→ **Exercise data**:
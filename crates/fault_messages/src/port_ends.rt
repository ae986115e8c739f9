//! What is wrong with the port of a node, by its kind.
ghost use Rattle.std.specs.Prelude.{◌≡◌, ◌++◌, OnOk};
ghost use Rattle.fault_messages.specs.NameRules.{end_port};
ghost use Rattle.fault_messages.specs.Places.{quoted};
ghost use Rattle.fault_messages.specs.PortEnds.{is_last, is_first, has_output, is_input_name, outputs_of, inputs_of, ports_of};
ghost use Rattle.fault_messages.specs.PortEnds.{end_said, way_part, no_such, no_output, no_input, ends_said, port_line, port_said};

use crate::name_rules::{end_name, end_port};
use crate::putting::{put_behind, put_both, put_two_quoted};
use pw_lists::{Memory, Text};

// Whether a kind has no outputs.
fn is_last(kind: &[u8]) -> bool
    ensures { result ≡ is_last kind.now }
{
    kind == b"sink".as_slice() || kind == b"meter".as_slice()
}

// Whether a kind has no inputs.
fn is_first(kind: &[u8]) -> bool
    ensures { result ≡ is_first kind.now }
{
    kind == b"source".as_slice() || kind == b"square".as_slice()
}

fn has_output(kind: &[u8], port: &[u8]) -> bool
    ensures { result ≡ has_output kind.now port.now }
{
    if kind == b"split".as_slice() {
        port == b"left".as_slice() || port == b"right".as_slice()
    } else {
        port == b"out".as_slice() && !is_last(kind)
    }
}

fn is_input_name(port: &[u8]) -> bool
    ensures { result ≡ is_input_name port.now }
{
    port == b"in".as_slice() || port == b"a".as_slice() || port == b"b".as_slice()
}

#[tactic(auto, unfolding(crate::specs::PortEnds::outputs_of))]
fn outputs_of(kind: &[u8]) -> &'static [u8]
    ensures { result.now ≡ outputs_of kind.now }
{
    if kind == b"split".as_slice() {
        b", whose outputs are left and right"
    } else if is_last(kind) {
        b", which has none"
    } else {
        b", whose output is out"
    }
}

#[tactic(auto, unfolding(crate::specs::PortEnds::inputs_of))]
fn inputs_of(kind: &[u8]) -> &'static [u8]
    ensures { result.now ≡ inputs_of kind.now }
{
    if kind == b"mix2".as_slice() {
        b", whose inputs are a and b"
    } else if is_first(kind) {
        b", which has none"
    } else {
        b", whose input is in"
    }
}

#[tactic(auto, unfolding(crate::specs::PortEnds::ports_of))]
fn ports_of(kind: &[u8]) -> &'static [u8]
    ensures { result.now ≡ ports_of kind.now }
{
    if kind == b"split".as_slice() {
        b", whose ports are in, left and right"
    } else if kind == b"mix2".as_slice() {
        b", whose ports are a, b and out"
    } else if is_first(kind) {
        b", whose port is out"
    } else if is_last(kind) {
        b", whose port is in"
    } else {
        b", whose ports are in and out"
    }
}

// An end with no such port, and the ports that its node has.
#[tactic(auto, unfolding(crate::specs::PortEnds::end_said))]
fn put_end_said(
    text: &mut Text,
    word: &[u8],
    what: &[u8],
    kind: &[u8],
    ports: &[u8],
) -> Result<(), Memory>
    ensures { OnOk result (text.new ≡ text.old ++ end_said word.now what.now kind.now ports.now) }
{
    put_behind(text, word, what)?;
    put_behind(text, end_name(word), b" is a ")?;
    text.extend(kind)?;
    text.extend(ports)
}

// The same, with words after it.
fn put_end_words(
    text: &mut Text,
    word: &[u8],
    what: &[u8],
    kind: &[u8],
    ports: &[u8],
    behind: &[u8],
) -> Result<(), Memory>
    ensures { OnOk result (text.new ≡ text.old
        ++ (end_said word.now what.now kind.now ports.now ++ behind.now)) }
{
    put_end_said(text, word, what, kind, ports)?;
    text.extend(behind)
}

// Which way links go, where an end that names an input is given for an output.
#[tactic(auto, unfolding(crate::specs::PortEnds::way_part))]
fn way_part(word: &[u8]) -> &'static [u8]
    ensures { result.now ≡ way_part (end_port word.now) }
{
    if is_input_name(end_port(word)) {
        b"; a link goes from an output to an input"
    } else {
        b""
    }
}

// What is wrong, where no line that makes the node is at hand.
fn no_such() -> &'static [u8]
    ensures { result.now ≡ no_such }
{
    b"the node has no such port"
}

#[tactic(auto, unfolding(crate::specs::PortEnds::no_output))]
fn put_no_output(text: &mut Text, word: &[u8], kind: &[u8]) -> Result<(), Memory>
    ensures { OnOk result (text.new ≡ text.old ++ no_output word.now kind.now) }
{
    if kind == b"".as_slice() {
        text.extend(no_such())
    } else {
        put_end_words(
            text,
            word,
            b" is no output: ",
            kind,
            outputs_of(kind),
            way_part(word),
        )
    }
}

#[tactic(auto, unfolding(crate::specs::PortEnds::no_input))]
fn put_no_input(text: &mut Text, word: &[u8], kind: &[u8]) -> Result<(), Memory>
    ensures { OnOk result (text.new ≡ text.old ++ no_input word.now kind.now) }
{
    if kind == b"".as_slice() {
        text.extend(no_such())
    } else {
        put_end_said(text, word, b" is no input: ", kind, inputs_of(kind))
    }
}

/// What is wrong with two ends of nodes of these kinds.
#[tactic(auto, unfolding(crate::specs::PortEnds::ends_said))]
pub fn put_ends(
    text: &mut Text,
    from: &[u8],
    from_kind: &[u8],
    to: &[u8],
    to_kind: &[u8],
) -> Result<(), Memory>
    ensures { OnOk result (text.new ≡ text.old
        ++ ends_said from.now from_kind.now to.now to_kind.now) }
{
    if has_output(from_kind, end_port(from)) {
        put_no_input(text, to, to_kind)
    } else {
        put_no_output(text, from, from_kind)
    }
}

// Two words in quotes with words after each, and further words.
fn put_port_words(
    text: &mut Text,
    name: &[u8],
    between: &[u8],
    port: &[u8],
    behind: &[u8],
    kind: &[u8],
    ports: &[u8],
) -> Result<(), Memory>
    ensures { OnOk result (text.new ≡ text.old ++ (quoted name.now ++ (between.now
        ++ (quoted port.now ++ (behind.now ++ (kind.now ++ ports.now)))))) }
{
    put_two_quoted(text, name, between, port, behind)?;
    put_both(text, kind, ports)
}

// A port that a node of this kind, with these ports, does not have.
#[tactic(auto, unfolding(crate::specs::PortEnds::port_line))]
fn put_port_line(
    text: &mut Text,
    name: &[u8],
    kind: &[u8],
    port: &[u8],
    ports: &[u8],
) -> Result<(), Memory>
    ensures { OnOk result (text.new ≡ text.old ++ port_line name.now kind.now port.now ports.now) }
{
    put_port_words(
        text,
        name,
        b" has no port ",
        port,
        b": it is a ",
        kind,
        ports,
    )
}

/// What is wrong with a port of a node of this kind.
#[tactic(auto, unfolding(crate::specs::PortEnds::port_said))]
pub fn put_port(text: &mut Text, name: &[u8], kind: &[u8], port: &[u8]) -> Result<(), Memory>
    ensures { OnOk result (text.new ≡ text.old ++ port_said name.now kind.now port.now) }
{
    if kind == b"".as_slice() {
        text.extend(no_such())
    } else {
        put_port_line(text, name, kind, port, ports_of(kind))
    }
}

→ **Task statement**:
Please state how many lines of the listing above hold "right", giving the number and nothing else.

→ **Answer to the problem**:
3